Fabrício: Eu acho que, assim como Luciano, não tenho nenhuma resistência a nenhum dos dois. Mas acho que seria mais a minha praia algo vinculado ao que é o Guará. Gosto muito de filme de horror, de ficção científica. Mas não gosto de pensar que se tem que fazer um tipo de filme, o cinema pode ser interessante de várias maneiras.
Pensando na distinção entre os dois filmes: o Leblon Marista é um filme sobre uma ideia de um edifício, um empreendimento imobiliário. É um filme interessante, mas não sei se é o tipo de tema ainda me moveria hoje. Embora eu ache Leblon Marista um filme interessante, que fizemos com a ideia e o material. Ele foi feito pouco tempo que fizemos uma oficina de documentário com o Marcelo Pedroso e surgiu a notícia desse lançamento do prédio e aí resolvemos fazer. Tinha um eco de umas ideias que surgiram naquele momento.

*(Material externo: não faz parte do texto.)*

//! The laws of the code of accepted sources. These functions have no body, and each promises a law.

ghost use Rattle.rb_code.specs.Agreement.RoomInTree.{FewOperands};
ghost use Rattle.rb_judge.specs.Laws.{OfEveryAccepted};
ghost use Rattle.rb_prepare.specs.Laws.{AlwaysAgrees, HasCountsOfNest, IsSoundForGroups, OfEveryCode};

/// The expressions of an accepted source find room for their operands.
pub fn accepted_find_room()
    ensures { OfEveryAccepted FewOperands }
{}

/// Whatever code stands for an accepted source is sound, with the conversations of the source.
pub fn code_is_sound()
    ensures { OfEveryCode IsSoundForGroups }
{}

/// Each of its recovery blocks has as many alternates as the table of the source's conversations counts for it.
pub fn code_has_counts()
    ensures { OfEveryCode HasCountsOfNest }
{}

/// It agrees with the meaning of the source, over every list of turns.
pub fn code_agrees()
    ensures { OfEveryCode AlwaysAgrees }
{}
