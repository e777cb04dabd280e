//! From a source to code that may be executed, and what is known of the code of every accepted source: that it is sound, and agrees with
//! the meaning over every list of turns, which `laws` says of whatever code stands for the source, and so of what `rb_gen::generate` answers.
#![tactic(auto)]

pub mod laws;
pub mod preparing;
pub mod sound;

pub use preparing::{Prepared, prepare};
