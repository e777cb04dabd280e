//! The words of a process as callers ask for them: those of its variables, and the cursors of its channels.

ghost use Rattle.std.specs.Prelude.{◌≡◌, ◌+◌, ◌<◌, ◌≤◌, length, slice_get, Some};
ghost use Rattle.rb_code.specs.Instructions.Plain.{code as plain};
ghost use Rattle.rb_code.specs.WordMachine.WordKind.{cursor_in};
ghost use Rattle.rb_code.specs.WordMachine.WordRun.{variable_words};
ghost use Rattle.rb_recoverable.specs.Views.{CursorThen};

use super::Proc;
use crate::channels::{cursor_place, first_variable};
use crate::wants::cursor_of;
use rb_base::Steps;
use rb_code::Code;
use rb_recoverable::recoverable::natural;
use std::sync::ledger::Ledger;

impl<L: Ledger> Proc<L> {
    /// The cursor of a channel.
    pub fn cursor(&self, code: &Code, channel: u32, steps: &mut Steps<L>) -> u64
        requires { self.now.process.state.process < length code.now.processes.items }
        ensures cursor { result ≡ cursor_in (plain code.now) self.now.process.state.process self.now.process.state.words channel }
        ensures ticks { steps.new ≤ steps.old + 1 }
        ensures rise { steps.old ≤ steps.new }
    {
        cursor_of(code, self.process, channel, &self.memory, steps)
    }

    /// The cursor of a channel as it was at the entry of an open level; levels count from 0, the outermost.
    pub fn cursor_then(&self, code: &Code, channel: u32, level: u32, steps: &mut Steps<L>) -> u64
        requires process { self.now.process.state.process < length code.now.processes.items }
        requires level { level < length self.now.process.levels }
        ensures cursor { CursorThen (plain code.now) self.now.process.state.process channel (slice_get self.now.process.levels level) result }
        ensures ticks { steps.new ≤ steps.old + 1 }
    {
        let place = cursor_place(code, self.process, channel);
        natural(self.memory.at_entry(level, place, steps))
    }

    /// A word of its variables, by its place among them.
    pub fn word(&self, code: &Code, at: u32, steps: &mut Steps<L>) -> i64
        requires process { self.now.process.state.process < length code.now.processes.items }
        requires at { at < length (variable_words (plain code.now) self.now.process.state) }
        ensures word { slice_get (variable_words (plain code.now) self.now.process.state) at ≡ Some result }
        ensures ticks { steps.new ≤ steps.old + 1 }
        ensures rise { steps.old ≤ steps.new }
    {
        let first = first_variable(code, self.process);
        self.memory.load(first + at as usize, steps)
    }
}
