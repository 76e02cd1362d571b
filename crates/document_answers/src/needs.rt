//! What an event depends on.
use rev_document::{Shape, To, Writer};

/// What happened.
#[derive(Clone, Copy)]
pub enum Action<'a> {
    /// The plan of a target.
    Plan(&'a [u8]),
    /// A command began, under a job's number.
    Start(&'a [u8], u32),
    /// A command ended well.
    Finish(&'a [u8]),
}

/// An event.
#[derive(Clone, Copy)]
pub struct Event<'a> {
    /// Its number.
    pub number: u32,
    /// What happened.
    pub action: Action<'a>,
    /// Whether it is kept.
    pub is_kept: bool,
    /// When it happened, in milliseconds.
    pub time: Option<u64>,
}

/// A dependence.
#[derive(Clone, Copy)]
pub struct Link<'a> {
    /// The earlier event.
    pub event: Event<'a>,
    /// The number of the later one.
    pub other: u32,
    /// The output whose mark the later one read.
    pub mark: &'a [u8],
}

/// What an event depends on.
#[derive(Clone, Copy)]
pub struct Needs<'a> {
    /// The event.
    pub event: Event<'a>,
    /// Its dependences.
    pub links: &'a [Link<'a>],
}

// Adds the members that come before the number of an event.
fn push_kind(document: &mut Writer, event: &Event<'_>) {
    let (kind, job) = match event.action {
        Action::Plan(_) => ("plan", None),
        Action::Start(_, job) => ("start", Some(u64::from(job))),
        Action::Finish(_) => ("finish", None),
    };
    document.number_if(To::Json("job"), job);
    document.flag(To::Json("kept"), event.is_kept);
    document.word(To::Json("kind"), kind);
}

// Adds the members that come between the number of an event and its words.
fn push_path(document: &mut Writer, event: &Event<'_>) {
    match event.action {
        Action::Plan(target) => {
            document.null(To::Json("path"));
            document.open(To::Json("targets"), Shape::List);
            document.name(To::Json(""), target);
            document.close();
        }
        Action::Start(path, _) | Action::Finish(path) => document.name(To::Json("path"), path),
    }
    document.time_if(To::Json("time"), event.time);
}

// Adds what happened, in words.
fn push_action(document: &mut Writer, action: &Action<'_>) {
    document.open(To::Both("words"), Shape::Phrase);
    match action {
        Action::Plan(target) => {
            document.words("plan ");
            document.name(To::Words, target);
        }
        Action::Start(path, job) => {
            document.words("start ");
            document.name(To::Words, path);
            document.words(" (job ");
            document.number(To::Words, u64::from(*job));
            document.words(")");
        }
        Action::Finish(path) => {
            document.words("finish ");
            document.name(To::Words, path);
        }
    }
    document.close();
}

// Adds an event, as `5 start text.o (job 3)`.
fn push_event(document: &mut Writer, event: &Event<'_>) {
    document.open(To::Both("event"), Shape::Object);
    push_kind(document, event);
    document.event(To::Both("number"), event.number);
    document.words(" ");
    push_path(document, event);
    push_action(document, &event.action);
    document.close();
    if !event.is_kept {
        document.words(" (undone)");
    }
}

// Adds a dependence, in a line.
fn push_link(document: &mut Writer, link: &Link<'_>) {
    document.open(To::Both(""), Shape::Object);
    document.word(To::Json("cell"), "mark");
    document.words("  ");
    push_event(document, &link.event);
    document.name(To::Json("of"), link.mark);
    document.event(To::Json("other"), link.other);
    document.words(" through ");
    document.open(To::Both("through"), Shape::Phrase);
    document.words("the mark of ");
    document.name(To::Words, link.mark);
    document.close();
    document.line();
    document.close();
}

/// Adds what an event depends on.
pub fn push_needs(document: &mut Writer, needs: &Needs<'_>) {
    document.open(To::Both(""), Shape::Object);
    document.flag(To::Json("all"), false);
    push_event(document, &needs.event);
    document.words(" rests on");
    document.line();
    document.open(To::Both("events"), Shape::List);
    for link in needs.links {
        push_link(document, link);
    }
    document.close();
    document.word(To::Json("kind"), "needs");
    document.null(To::Json("observed"));
    document.close();
}
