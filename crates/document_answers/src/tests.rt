//! The bytes that the program prints of `examples/flaky/passed`: `needs 5` of `ask`, and the race of `races`.
use crate::needs::{Action, Event, Link, Needs, push_needs};
use crate::race::{Edge, Race, push_race};
use rev_document::{Document, Writer};
use rev_document_json::json_of;
use rev_document_words::{Look, words_of};
use std::alloc::AllocError;

const NEEDS_WORDS: &[u8] =
    b"5 start text.o (job 3) rests on\n  1 plan app through the mark of text.o\n";

const NEEDS_JSON: &[u8] =
    b"{\"all\":false,\"event\":{\"job\":3,\"kept\":true,\"kind\":\"start\",\"number\":5,\"path\":\"text.o\",\"time\":70,\"words\":\"start text.o (job 3)\"},\"events\":[{\"cell\":\"mark\",\"event\":{\"job\":null,\"kept\":true,\"kind\":\"plan\",\"number\":1,\"path\":null,\"targets\":[\"app\"],\"time\":0,\"words\":\"plan app\"},\"of\":\"text.o\",\"other\":5,\"through\":\"the mark of text.o\"}],\"kind\":\"needs\",\"observed\":null}\n";

const RACE_WORDS: &[u8] =
    b"race version.h made by version.h (build.ninja:14)\n  used by main.o (build.ninja:19), which does not wait for it [1]\n    here: the maker ended at 6, the user began at 12; free: nothing held it\n    mend: build.ninja:19: build main.o: ... || version.h\n";

const RACE_JSON: &[u8] =
    b"{\"kind\":\"race\",\"number\":1,\"id\":\"a8a4fcf42eb58d0f\",\"path\":\"version.h\",\"maker\":{\"began\":2,\"ended\":6,\"file\":\"build.ninja\",\"line\":14,\"output\":\"version.h\"},\"user\":{\"began\":12,\"ended\":13,\"file\":\"build.ninja\",\"line\":19,\"output\":\"main.o\"},\"here\":\"free\",\"basis\":\"finish\",\"mend\":\"version.h\"}\n";

// The document of the first answer.
fn needs_document(alloc: std::alloc::Global) -> Result<Document, AllocError> {
    let event = Event {
        number: 5,
        action: Action::Start(b"text.o", 3),
        is_kept: true,
        time: Some(70),
    };
    let plan = Event {
        number: 1,
        action: Action::Plan(b"app"),
        is_kept: true,
        time: Some(0),
    };
    let links = [Link {
        event: plan,
        other: 5,
        mark: b"text.o",
    }];
    let mut writer = Writer::new(alloc);
    push_needs(
        &mut writer,
        &Needs {
            event,
            links: &links,
        },
    );
    writer.finish()
}

// The document of the second answer.
fn race_document(alloc: std::alloc::Global) -> Result<Document, AllocError> {
    let maker = Edge {
        began: 2,
        ended: 6,
        file: b"build.ninja",
        line: 14,
        output: b"version.h",
    };
    let user = Edge {
        began: 12,
        ended: 13,
        file: b"build.ninja",
        line: 19,
        output: b"main.o",
    };
    let race = Race {
        number: 1,
        id: b"a8a4fcf42eb58d0f",
        path: b"version.h",
        maker,
        user,
        mend: b"version.h",
    };
    let mut writer = Writer::new(alloc);
    push_race(&mut writer, &race);
    writer.finish()
}

// Whether a document has these words and this JSON.
fn is_printed(
    alloc: std::alloc::Global,
    document: &Document,
    words: &[u8],
    json: &[u8],
) -> Result<bool, AllocError> {
    let look = Look {
        is_coloured: false,
        is_all: false,
    };
    let made = words_of(alloc, document, look)?;
    if made.as_slice() != words {
        return Ok(false);
    }
    let made = json_of(alloc, document)?;
    Ok(made.as_slice() == json)
}

#[test]
fn needs_is_as_ask_prints_it(rt: HostRuntime) -> Result<(), AllocError> {
    let document = needs_document(rt.alloc())?;
    let is = is_printed(rt.alloc(), &document, NEEDS_WORDS, NEEDS_JSON)?;
    assert!(rt; is, "needs");
    Ok(())
}

#[test]
fn race_is_as_races_prints_it(rt: HostRuntime) -> Result<(), AllocError> {
    let document = race_document(rt.alloc())?;
    let is = is_printed(rt.alloc(), &document, RACE_WORDS, RACE_JSON)?;
    assert!(rt; is, "race");
    Ok(())
}
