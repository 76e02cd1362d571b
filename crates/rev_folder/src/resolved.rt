//! Whether the manifest of a recording is the user's own with what the dyndep files say that Ninja loaded.
use crate::files::{Place, Recording, folder_of, path_of, read_beside};
use crate::flaw::{FlawKind, NOTES, Part, Refused, fault_of, flaw_at, loaded_name, own_name};
use crate::notes::{LeftOut, Notes, notes_in};
use crate::plain::plain_of;
use indexmap::IndexMap;
use rev_dyndep::{
    Origins, ReadFault as DyndepRead, Stated, Told, first_other, read as read_dyndep,
};
use rev_manifest::{Build, Manifest, ReadFault as ManifestRead, read as read_manifest};
use rev_paths::{Name, Paths};
use rev_program::{ProgramFault, ReadFault, Unread, is_folder, read_short};
use rev_syntax::{Form, ReadFault as SyntaxRead, first_statement, lines_of};
use std::alloc::{AllocError, Global};
use std::rt::Files;

// The most bytes of a file that is read.
const MOST_BYTES: usize = 1_073_741_824;

// Where a statement of a loaded file stands.
#[derive(Clone, Copy)]
struct Origin {
    // The place of the file among the loaded ones.
    file: usize,
    // The line of the statement.
    line: u64,
}

impl Origin {
    // The fault that the statement is about no build statement that it may be about.
    fn refused(self) -> Refused {
        flaw_at(Part::Loaded(self.file), self.line, FlawKind::NoStatement)
    }
}

// The statements of all loaded files, where each stands, and the place of each by the output that it begins with.
struct Statements {
    told: Vec<Option<Told>>,
    origins: Vec<Origin>,
    places: IndexMap<Name, usize>,
}

impl Drop for Statements {
    fn drop(self) {
        let Statements {
            told: _told,
            origins: _origins,
            places: _places,
        } = self;
    }
}

impl Statements {
    // None so far.
    fn new(alloc: Global) -> Statements {
        Statements {
            told: Vec::new(alloc),
            origins: Vec::new(alloc),
            places: IndexMap::new(alloc),
        }
    }

    // Adds a statement of a file. No other one may begin with its output.
    fn add(&mut self, file: usize, told: Told) -> Result<(), Refused> {
        let origin = Origin {
            file,
            line: told.line(),
        };
        let place = self.told.len();
        let name = told.output().copy()?;
        let first = *self.places.entry(name)?.or_insert(place);
        if first < place {
            return Err(origin.refused());
        }
        self.origins.push(origin)?;
        self.told.push(Some(told))?;
        Ok(())
    }

    // Adds those of a file that has these bytes.
    fn add_file(&mut self, alloc: Global, file: usize, bytes: &[u8]) -> Result<(), Refused> {
        let told = match read_dyndep(alloc, bytes) {
            Ok(told) => told,
            Err(DyndepRead::Memory) => return Err(Refused::Memory),
            Err(DyndepRead::Refused(fault)) => {
                let kind = FlawKind::Loaded(fault.kind);
                return Err(flaw_at(Part::Loaded(file), fault.line, kind));
            }
        };
        for one in told {
            self.add(file, one)?;
        }
        Ok(())
    }

    // Where a statement stands.
    fn origin(&self, place: usize) -> Origin {
        match self.origins.get(place) {
            Some(origin) => *origin,
            None => Origin { file: 0, line: 0 },
        }
    }

    // The place of the statement that speaks of an edge by one of these outputs, where `found` is that by others.
    fn among(&self, outputs: &[Name], found: Option<usize>) -> Result<Option<usize>, Refused> {
        let mut found = found;
        for output in outputs {
            let Some(place) = self.places.get(output).copied() else {
                continue;
            };
            match found {
                Some(first) if first != place => {
                    return Err(self.origin(first.max(place)).refused());
                }
                _ => found = Some(place),
            }
        }
        Ok(found)
    }

    // The place of the statement that speaks of an edge.
    fn of(&self, build: &Build) -> Result<Option<usize>, Refused> {
        let found = self.among(build.explicit_outs(), None)?;
        self.among(build.implicit_outs(), found)
    }

    // Takes a statement, which has to be about an edge that has its file as an input, and gives the file too; nothing
    // where it was taken for another edge, which makes the same output.
    fn take<'a>(
        &mut self,
        place: usize,
        notes: &'a Notes,
        build: &Build,
    ) -> Result<Option<(Told, &'a Name)>, Refused> {
        let origin = self.origin(place);
        let file = match notes.loaded.get(origin.file) {
            Some(file) if has_input(build, file) => file,
            _ => return Err(origin.refused()),
        };
        match self.told.get_mut(place) {
            Some(told) => Ok(with_file(told.take(), file)),
            None => Ok(None),
        }
    }

    // Refuses the first statement that was not taken.
    fn check_all_taken(&self) -> Result<(), Refused> {
        for (told, origin) in self.told.iter().zip(&self.origins) {
            if told.is_some() {
                return Err(origin.refused());
            }
        }
        Ok(())
    }
}

// A statement with its file, where there is one.
fn with_file(told: Option<Told>, file: &Name) -> Option<(Told, &Name)> {
    match told {
        Some(told) => Some((told, file)),
        None => None,
    }
}

// Whether a path is among others.
fn has(paths: &[Name], path: &Name) -> bool {
    paths.iter().any(|other| other == path)
}

// Whether an edge has a file as an input.
fn has_input(build: &Build, file: &Name) -> bool {
    has(build.explicit(), file) || has(build.implicit(), file) || has(build.order_only(), file)
}

// What the manifest leaves out of what is said of an edge, and the first line of the notes that says so.
struct Left {
    outputs: Paths,
    inputs: Paths,
    line: u64,
    is_used: bool,
}

impl Drop for Left {
    fn drop(self) {
        let Left {
            outputs: _outputs,
            inputs: _inputs,
            line: _line,
            is_used: _is_used,
        } = self;
    }
}

impl Left {
    // Nothing, of which this line of the notes speaks.
    fn new(alloc: Global, line: u64) -> Left {
        Left {
            outputs: Paths::new(alloc),
            inputs: Paths::new(alloc),
            line,
            is_used: false,
        }
    }

    // Adds a path.
    fn add(&mut self, one: &LeftOut) -> Result<(), AllocError> {
        let paths = if one.is_output {
            &mut self.outputs
        } else {
            &mut self.inputs
        };
        let _place = paths.intern(&one.path)?;
        Ok(())
    }

    // The fault that its statement does not say a path.
    fn refused(&self) -> Refused {
        flaw_at(Part::Notes, self.line, FlawKind::NoStatement)
    }

    // Takes the paths out of a statement, which has to say them.
    fn take_out(&mut self, alloc: Global, told: &mut Told) -> Result<(), Refused> {
        let (outputs, inputs) = (told.outputs().len(), told.inputs().len());
        told.leave_out(alloc, &self.outputs, &self.inputs)?;
        let less_outputs = outputs.saturating_sub(told.outputs().len()) as u64;
        let less_inputs = inputs.saturating_sub(told.inputs().len()) as u64;
        if less_outputs < self.outputs.len() || less_inputs < self.inputs.len() {
            return Err(self.refused());
        }
        self.is_used = true;
        Ok(())
    }
}

// What is left out, by the first output of the edge.
fn left_by_output(alloc: Global, notes: &Notes) -> Result<IndexMap<Name, Left>, Refused> {
    let mut left = IndexMap::new(alloc);
    for one in &notes.left_out {
        if left.get(&one.output).is_none() {
            left.insert(one.output.copy()?, Left::new(alloc, one.line))?;
        }
        if let Some(left) = left.get_mut(&one.output) {
            left.add(one)?;
        }
    }
    Ok(left)
}

// The first output of an edge.
fn first_output(build: &Build) -> Option<&Name> {
    match build.explicit_outs().first() {
        Some(output) => Some(output),
        None => build.implicit_outs().first(),
    }
}

// Takes out of a statement what is left out of what it says of an edge.
fn leave_out(
    alloc: Global,
    left: &mut IndexMap<Name, Left>,
    build: &Build,
    told: &mut Told,
) -> Result<(), Refused> {
    let Some(output) = first_output(build) else {
        return Ok(());
    };
    match left.get_mut(output) {
        Some(left) => left.take_out(alloc, told),
        None => Ok(()),
    }
}

// Statements in the order of the edges that they speak of, and the file of each.
struct Ordered<'a> {
    told: Vec<Told>,
    files: Vec<&'a Name>,
}

impl Drop for Ordered<'_> {
    fn drop(self) {
        let Ordered {
            told: _told,
            files: _files,
        } = self;
    }
}

impl<'a> Ordered<'a> {
    // No statements.
    fn new(alloc: Global) -> Ordered<'a> {
        Ordered {
            told: Vec::new(alloc),
            files: Vec::new(alloc),
        }
    }

    // Adds a statement of a file.
    fn push(&mut self, told: Told, file: &'a Name) -> Result<(), AllocError> {
        self.told.push(told)?;
        self.files.push(file)?;
        Ok(())
    }

    // Which paths of the edges come from the files.
    fn origins(&self, alloc: Global, plain: &[Build]) -> Result<Origins, AllocError> {
        let mut stated = Vec::new(alloc);
        for (told, file) in self.told.iter().zip(&self.files) {
            stated.push(Stated { file: *file, told })?;
        }
        Origins::new(alloc, plain, &stated)
    }
}

// Adds a statement, without what the manifest leaves out of it, where one is left that speaks of an edge.
fn push_next<'a>(
    alloc: Global,
    notes: &'a Notes,
    statements: &mut Statements,
    left: &mut IndexMap<Name, Left>,
    build: &Build,
    ordered: &mut Ordered<'a>,
) -> Result<(), Refused> {
    let Some(place) = statements.of(build)? else {
        return Ok(());
    };
    if let Some((mut told, file)) = statements.take(place, notes, build)? {
        leave_out(alloc, left, build, &mut told)?;
        ordered.push(told, file)?;
    }
    Ok(())
}

// The statements in the order of the edges that they speak of, without what the manifest leaves out. Each is about one
// edge, and each line of the notes about what is left out is about a path that one says.
fn in_order<'a>(
    alloc: Global,
    notes: &'a Notes,
    statements: &mut Statements,
    plain: &Manifest,
) -> Result<Ordered<'a>, Refused> {
    let mut left = left_by_output(alloc, notes)?;
    let mut ordered = Ordered::new(alloc);
    for build in plain.builds() {
        push_next(alloc, notes, statements, &mut left, build, &mut ordered)?;
    }
    statements.check_all_taken()?;
    for one in left.values() {
        if !one.is_used {
            return Err(one.refused());
        }
    }
    Ok(ordered)
}

// The fault that the manifest is another from the edge of this place on.
fn other_at(plain: &[Build], found: &[Build], place: usize) -> Refused {
    let build = match found.get(place) {
        Some(build) => Some(build),
        None => plain.get(place),
    };
    let (file, line) = match build {
        Some(build) => (build.file() as usize, build.line()),
        None => (0, 0),
    };
    flaw_at(Part::Resolved(file), line, FlawKind::NotResolved)
}

// Whether a file of a manifest has a `default` statement.
fn has_default(alloc: Global, content: &[u8]) -> Result<bool, AllocError> {
    let lines = lines_of(alloc, content)?;
    let mut rest = lines.as_slice();
    for _ in 0..lines.len() {
        match first_statement(alloc, rest) {
            Ok(Some((statement, _))) if matches!(statement.form, Form::Default(_)) => {
                return Ok(true);
            }
            Ok(Some((_, after))) => rest = after,
            Ok(None) | Err(SyntaxRead::Refused(_)) => break,
            Err(SyntaxRead::Memory) => return Err(AllocError),
        }
    }
    Ok(false)
}

// Whether a file of these has a `default` statement.
fn have_default(alloc: Global, files: &[(Vec<u8>, Vec<u8>)]) -> Result<bool, AllocError> {
    for (_, content) in files {
        if has_default(alloc, content)? {
            return Ok(true);
        }
    }
    Ok(false)
}

// A manifest and the files that say it.
#[derive(Clone, Copy)]
struct Source<'a> {
    manifest: &'a Manifest,
    files: &'a [(Vec<u8>, Vec<u8>)],
}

- Existem planos futuros na agenda da dupla? Continuar no Cinema Trash está entre eles?
Luciano: Não temos encaminhado nenhum projeto juntos. Eu tenho dois projetos de curta-metragens que não são propriamente horror mas têm uns pontos fantásticos. Mas ainda estão em fase de edital, tudo muito inicial.
Fabrício: Planos concretos, não. Acredito que o vínculo do horror e do trash, possivelmente. Essa coisa do nosso trabalho, de fazer filmes juntos, surge a partir de alguma ideia de fazer juntos. Não é necessariamente uma obrigação de trabalharmos juntos. Me interessa trabalhar próximo de gente que eu já conheço, que já são amigos. Mas mesmo que eu faça filmes sem, necessariamente, dirigir ou roteirizar com o Luciano, ele sempre será minha primeira opção como montador.